• [Records supplied]
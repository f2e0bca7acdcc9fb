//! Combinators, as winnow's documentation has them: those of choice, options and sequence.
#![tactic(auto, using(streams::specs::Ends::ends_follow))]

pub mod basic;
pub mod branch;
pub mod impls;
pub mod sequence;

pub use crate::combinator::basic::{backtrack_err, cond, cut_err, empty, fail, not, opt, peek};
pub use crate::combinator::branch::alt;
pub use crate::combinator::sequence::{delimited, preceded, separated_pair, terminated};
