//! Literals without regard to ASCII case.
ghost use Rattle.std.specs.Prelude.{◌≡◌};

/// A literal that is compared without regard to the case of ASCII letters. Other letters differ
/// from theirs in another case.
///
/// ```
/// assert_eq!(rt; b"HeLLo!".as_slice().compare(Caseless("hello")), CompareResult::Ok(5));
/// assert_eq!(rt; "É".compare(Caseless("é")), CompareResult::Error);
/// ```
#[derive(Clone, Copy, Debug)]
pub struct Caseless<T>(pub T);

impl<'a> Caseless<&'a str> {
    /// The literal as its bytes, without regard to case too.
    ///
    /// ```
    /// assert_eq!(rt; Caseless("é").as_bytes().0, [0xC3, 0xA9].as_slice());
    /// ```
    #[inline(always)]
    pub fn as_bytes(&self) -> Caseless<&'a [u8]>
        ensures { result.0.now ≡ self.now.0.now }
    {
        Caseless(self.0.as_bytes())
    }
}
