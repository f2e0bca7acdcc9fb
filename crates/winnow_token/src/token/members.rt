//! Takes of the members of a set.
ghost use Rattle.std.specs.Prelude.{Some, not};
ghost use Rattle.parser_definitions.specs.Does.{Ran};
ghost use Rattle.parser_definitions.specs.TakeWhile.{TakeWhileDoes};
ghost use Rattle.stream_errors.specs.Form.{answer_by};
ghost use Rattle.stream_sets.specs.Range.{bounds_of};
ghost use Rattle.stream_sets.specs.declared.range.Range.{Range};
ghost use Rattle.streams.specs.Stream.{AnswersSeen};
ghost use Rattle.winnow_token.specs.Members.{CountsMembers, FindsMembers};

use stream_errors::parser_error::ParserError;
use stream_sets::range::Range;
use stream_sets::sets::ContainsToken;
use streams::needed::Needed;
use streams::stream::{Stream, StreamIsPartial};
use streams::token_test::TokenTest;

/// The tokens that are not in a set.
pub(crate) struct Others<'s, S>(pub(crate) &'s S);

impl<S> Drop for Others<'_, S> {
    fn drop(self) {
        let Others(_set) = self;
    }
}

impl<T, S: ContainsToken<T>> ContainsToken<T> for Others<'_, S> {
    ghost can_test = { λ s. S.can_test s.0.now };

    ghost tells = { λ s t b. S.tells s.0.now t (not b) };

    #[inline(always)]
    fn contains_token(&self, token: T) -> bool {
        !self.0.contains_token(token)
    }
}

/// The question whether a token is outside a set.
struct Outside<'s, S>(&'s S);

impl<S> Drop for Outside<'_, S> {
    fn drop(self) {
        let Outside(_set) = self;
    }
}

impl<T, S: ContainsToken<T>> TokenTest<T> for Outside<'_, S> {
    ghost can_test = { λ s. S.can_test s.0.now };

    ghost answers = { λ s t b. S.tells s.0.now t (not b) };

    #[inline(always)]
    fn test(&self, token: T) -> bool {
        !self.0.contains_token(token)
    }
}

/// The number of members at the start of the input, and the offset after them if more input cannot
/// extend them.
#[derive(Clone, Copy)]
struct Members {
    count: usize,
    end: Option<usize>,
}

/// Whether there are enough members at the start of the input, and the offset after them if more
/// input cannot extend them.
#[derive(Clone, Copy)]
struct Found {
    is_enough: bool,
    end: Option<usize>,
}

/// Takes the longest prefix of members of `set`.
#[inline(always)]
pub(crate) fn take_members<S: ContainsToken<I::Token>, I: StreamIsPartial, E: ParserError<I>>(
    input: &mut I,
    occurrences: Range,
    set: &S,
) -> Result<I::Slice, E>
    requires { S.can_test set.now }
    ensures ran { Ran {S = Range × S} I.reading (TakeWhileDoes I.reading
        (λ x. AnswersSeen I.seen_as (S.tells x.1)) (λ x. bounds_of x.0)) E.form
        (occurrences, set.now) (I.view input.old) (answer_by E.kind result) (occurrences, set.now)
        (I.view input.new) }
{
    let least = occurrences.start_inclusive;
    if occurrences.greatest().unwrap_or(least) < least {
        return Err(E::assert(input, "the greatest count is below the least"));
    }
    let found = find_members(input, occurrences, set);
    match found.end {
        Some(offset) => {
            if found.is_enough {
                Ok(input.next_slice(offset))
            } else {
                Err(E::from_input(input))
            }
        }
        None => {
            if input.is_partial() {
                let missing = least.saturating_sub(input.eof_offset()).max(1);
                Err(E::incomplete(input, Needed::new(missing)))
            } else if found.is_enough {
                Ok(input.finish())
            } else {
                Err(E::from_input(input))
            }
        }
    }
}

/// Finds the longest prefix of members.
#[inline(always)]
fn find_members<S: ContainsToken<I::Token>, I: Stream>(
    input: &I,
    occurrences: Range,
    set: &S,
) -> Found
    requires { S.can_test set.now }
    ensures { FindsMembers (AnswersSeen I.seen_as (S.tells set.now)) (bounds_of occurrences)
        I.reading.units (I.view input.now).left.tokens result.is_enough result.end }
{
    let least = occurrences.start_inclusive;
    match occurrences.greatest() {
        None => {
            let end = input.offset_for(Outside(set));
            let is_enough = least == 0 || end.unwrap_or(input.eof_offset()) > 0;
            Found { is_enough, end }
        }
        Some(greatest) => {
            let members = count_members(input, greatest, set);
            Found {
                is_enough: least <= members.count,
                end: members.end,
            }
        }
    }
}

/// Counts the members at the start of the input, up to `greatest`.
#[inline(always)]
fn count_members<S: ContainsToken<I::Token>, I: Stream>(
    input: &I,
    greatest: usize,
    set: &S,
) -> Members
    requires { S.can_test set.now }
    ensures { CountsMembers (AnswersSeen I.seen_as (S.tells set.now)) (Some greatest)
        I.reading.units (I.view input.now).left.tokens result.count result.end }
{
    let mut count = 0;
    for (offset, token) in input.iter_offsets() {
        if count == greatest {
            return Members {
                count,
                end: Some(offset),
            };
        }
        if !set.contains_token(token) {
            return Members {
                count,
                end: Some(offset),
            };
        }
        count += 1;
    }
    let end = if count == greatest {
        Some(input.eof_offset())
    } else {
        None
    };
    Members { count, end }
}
==
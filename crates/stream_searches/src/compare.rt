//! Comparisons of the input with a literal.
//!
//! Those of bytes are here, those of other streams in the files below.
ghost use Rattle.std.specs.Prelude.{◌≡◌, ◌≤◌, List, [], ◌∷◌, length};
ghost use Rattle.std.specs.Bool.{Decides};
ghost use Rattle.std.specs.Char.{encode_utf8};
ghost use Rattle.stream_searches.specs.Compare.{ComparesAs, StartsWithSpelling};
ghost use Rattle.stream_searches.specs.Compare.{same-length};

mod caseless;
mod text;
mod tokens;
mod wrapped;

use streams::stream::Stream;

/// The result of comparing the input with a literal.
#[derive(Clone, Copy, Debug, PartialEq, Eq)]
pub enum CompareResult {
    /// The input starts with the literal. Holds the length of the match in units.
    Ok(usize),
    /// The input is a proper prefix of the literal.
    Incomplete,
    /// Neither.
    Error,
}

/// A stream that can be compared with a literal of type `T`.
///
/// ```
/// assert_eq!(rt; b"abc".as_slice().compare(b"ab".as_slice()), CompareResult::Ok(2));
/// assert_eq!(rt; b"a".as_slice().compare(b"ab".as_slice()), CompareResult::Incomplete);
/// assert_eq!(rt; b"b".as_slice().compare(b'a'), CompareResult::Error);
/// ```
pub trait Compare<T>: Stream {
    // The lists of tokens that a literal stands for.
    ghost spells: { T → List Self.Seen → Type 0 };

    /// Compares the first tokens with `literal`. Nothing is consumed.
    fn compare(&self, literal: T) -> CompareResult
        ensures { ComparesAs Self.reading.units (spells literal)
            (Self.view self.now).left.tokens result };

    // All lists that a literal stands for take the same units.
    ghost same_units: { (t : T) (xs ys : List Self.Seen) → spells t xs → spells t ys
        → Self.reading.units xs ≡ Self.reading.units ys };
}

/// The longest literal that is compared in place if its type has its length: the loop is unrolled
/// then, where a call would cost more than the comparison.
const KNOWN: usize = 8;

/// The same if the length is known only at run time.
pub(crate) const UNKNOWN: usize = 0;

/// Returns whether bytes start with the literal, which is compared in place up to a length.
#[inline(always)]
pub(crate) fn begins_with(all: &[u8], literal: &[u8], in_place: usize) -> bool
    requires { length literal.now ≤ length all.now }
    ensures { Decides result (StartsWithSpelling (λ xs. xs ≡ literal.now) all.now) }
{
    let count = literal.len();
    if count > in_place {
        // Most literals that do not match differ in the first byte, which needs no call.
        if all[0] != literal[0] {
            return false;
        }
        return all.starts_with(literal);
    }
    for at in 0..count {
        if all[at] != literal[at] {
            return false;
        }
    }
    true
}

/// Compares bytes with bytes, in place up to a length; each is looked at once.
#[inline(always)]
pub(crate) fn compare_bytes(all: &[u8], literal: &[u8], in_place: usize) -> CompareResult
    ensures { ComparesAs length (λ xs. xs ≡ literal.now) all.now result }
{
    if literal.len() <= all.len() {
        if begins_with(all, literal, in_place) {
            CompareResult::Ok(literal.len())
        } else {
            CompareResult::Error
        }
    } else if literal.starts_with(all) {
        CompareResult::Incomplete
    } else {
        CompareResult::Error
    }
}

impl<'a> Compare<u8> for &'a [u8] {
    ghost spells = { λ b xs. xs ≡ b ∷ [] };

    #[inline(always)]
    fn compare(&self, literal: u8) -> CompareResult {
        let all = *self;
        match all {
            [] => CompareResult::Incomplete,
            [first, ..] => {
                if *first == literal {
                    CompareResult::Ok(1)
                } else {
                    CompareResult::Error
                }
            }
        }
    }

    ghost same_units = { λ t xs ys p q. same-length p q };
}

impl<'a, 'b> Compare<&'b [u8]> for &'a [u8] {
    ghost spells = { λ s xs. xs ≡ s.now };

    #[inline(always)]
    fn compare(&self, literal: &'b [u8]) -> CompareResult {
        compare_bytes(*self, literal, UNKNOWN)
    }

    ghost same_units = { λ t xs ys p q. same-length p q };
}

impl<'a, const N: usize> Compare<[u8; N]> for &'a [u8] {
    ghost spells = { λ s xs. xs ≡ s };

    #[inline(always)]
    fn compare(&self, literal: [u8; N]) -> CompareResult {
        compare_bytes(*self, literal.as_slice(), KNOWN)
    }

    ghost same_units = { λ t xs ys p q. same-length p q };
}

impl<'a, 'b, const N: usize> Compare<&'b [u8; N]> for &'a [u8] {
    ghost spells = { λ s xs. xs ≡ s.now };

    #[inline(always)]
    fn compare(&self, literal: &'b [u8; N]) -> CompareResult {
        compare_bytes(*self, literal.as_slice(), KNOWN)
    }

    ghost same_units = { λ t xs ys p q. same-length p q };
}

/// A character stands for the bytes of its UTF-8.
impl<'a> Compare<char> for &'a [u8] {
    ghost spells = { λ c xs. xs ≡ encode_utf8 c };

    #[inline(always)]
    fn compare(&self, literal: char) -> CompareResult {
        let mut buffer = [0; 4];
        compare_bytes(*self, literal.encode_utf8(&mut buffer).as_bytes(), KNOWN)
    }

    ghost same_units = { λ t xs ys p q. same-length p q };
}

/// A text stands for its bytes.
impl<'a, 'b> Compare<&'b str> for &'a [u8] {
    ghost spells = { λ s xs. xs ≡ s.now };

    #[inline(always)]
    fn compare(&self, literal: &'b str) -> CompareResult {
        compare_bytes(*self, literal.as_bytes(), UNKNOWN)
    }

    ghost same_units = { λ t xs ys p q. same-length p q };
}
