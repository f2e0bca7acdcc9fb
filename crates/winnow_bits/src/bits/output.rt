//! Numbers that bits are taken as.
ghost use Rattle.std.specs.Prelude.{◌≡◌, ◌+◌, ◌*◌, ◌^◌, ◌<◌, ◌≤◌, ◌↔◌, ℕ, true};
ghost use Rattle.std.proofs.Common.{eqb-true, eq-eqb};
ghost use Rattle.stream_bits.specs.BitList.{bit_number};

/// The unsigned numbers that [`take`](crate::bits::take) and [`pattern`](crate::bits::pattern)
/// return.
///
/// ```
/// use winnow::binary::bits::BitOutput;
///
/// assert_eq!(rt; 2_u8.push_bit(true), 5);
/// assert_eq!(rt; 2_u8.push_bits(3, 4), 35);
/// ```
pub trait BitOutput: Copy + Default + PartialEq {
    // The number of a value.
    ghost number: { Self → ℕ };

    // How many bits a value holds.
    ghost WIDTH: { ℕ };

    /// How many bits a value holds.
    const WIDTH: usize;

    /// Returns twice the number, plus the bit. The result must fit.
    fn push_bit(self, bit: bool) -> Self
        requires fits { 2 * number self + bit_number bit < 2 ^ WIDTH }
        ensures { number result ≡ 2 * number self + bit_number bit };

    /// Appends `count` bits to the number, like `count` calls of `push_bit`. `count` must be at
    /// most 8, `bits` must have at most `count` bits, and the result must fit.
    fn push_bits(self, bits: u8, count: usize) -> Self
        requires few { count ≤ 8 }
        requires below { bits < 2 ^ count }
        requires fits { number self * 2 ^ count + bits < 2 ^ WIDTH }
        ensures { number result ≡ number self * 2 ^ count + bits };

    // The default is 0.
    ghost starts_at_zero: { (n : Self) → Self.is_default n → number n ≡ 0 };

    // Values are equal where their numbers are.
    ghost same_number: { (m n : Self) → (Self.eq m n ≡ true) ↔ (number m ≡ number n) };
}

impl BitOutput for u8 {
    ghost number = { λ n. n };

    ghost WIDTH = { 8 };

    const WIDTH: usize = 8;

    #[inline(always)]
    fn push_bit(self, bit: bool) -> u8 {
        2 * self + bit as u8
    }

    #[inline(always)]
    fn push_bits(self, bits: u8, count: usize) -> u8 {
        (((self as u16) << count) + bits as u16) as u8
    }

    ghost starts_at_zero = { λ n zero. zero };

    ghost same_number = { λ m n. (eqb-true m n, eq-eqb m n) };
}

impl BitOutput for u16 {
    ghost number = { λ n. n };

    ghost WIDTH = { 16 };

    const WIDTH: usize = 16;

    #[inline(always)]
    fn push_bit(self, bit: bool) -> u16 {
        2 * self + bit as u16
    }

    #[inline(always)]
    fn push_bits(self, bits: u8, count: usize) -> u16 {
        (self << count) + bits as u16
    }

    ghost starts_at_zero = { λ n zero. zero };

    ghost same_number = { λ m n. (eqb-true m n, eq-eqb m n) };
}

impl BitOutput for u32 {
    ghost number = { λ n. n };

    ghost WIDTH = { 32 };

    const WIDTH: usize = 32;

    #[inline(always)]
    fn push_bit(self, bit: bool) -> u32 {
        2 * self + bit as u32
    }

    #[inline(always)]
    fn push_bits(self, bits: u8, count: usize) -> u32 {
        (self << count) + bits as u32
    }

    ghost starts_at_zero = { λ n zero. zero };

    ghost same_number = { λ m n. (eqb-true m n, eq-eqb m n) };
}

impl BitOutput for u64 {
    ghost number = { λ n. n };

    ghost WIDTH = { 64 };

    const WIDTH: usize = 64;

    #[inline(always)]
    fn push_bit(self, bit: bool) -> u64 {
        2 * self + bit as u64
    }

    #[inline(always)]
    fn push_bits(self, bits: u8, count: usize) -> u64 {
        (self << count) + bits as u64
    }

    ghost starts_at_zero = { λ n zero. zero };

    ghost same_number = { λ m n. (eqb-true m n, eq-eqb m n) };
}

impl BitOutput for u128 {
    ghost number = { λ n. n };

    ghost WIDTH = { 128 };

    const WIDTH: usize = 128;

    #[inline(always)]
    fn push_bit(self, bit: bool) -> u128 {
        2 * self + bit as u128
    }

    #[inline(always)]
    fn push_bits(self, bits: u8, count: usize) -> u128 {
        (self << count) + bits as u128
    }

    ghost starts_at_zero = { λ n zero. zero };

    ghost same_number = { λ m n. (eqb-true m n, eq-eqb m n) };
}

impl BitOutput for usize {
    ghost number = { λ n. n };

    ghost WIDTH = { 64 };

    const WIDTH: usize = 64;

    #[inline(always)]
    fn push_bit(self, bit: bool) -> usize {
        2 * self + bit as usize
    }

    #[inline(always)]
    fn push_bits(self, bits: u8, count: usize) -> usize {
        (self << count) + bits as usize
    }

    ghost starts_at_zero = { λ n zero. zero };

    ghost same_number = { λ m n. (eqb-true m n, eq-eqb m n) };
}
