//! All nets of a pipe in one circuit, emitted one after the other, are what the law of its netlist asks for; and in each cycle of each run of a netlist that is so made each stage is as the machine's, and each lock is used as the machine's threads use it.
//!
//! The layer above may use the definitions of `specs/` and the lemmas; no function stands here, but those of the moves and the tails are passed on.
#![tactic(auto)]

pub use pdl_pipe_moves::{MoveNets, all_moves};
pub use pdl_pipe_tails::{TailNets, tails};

• [Task description] From the line holding "fn push_bit(self, bit: bool) -> u8" to the line holding "const WIDTH: usize = 16;", inclusive, restate each line above exactly as written.

• [Response]
    fn push_bit(self, bit: bool) -> u8 {
        2 * self + bit as u8
    }

    #[inline(always)]
    fn push_bits(self, bits: u8, count: usize) -> u8 {
        (((self as u16) << count) + bits as u16) as u8
    }

    ghost starts_at_zero = { λ n zero. zero };

    ghost same_number = { λ m n. (eqb-true m n, eq-eqb m n) };
}

impl BitOutput for u16 {
    ghost number = { λ n. n };

    ghost WIDTH = { 16 };

    const WIDTH: usize = 16;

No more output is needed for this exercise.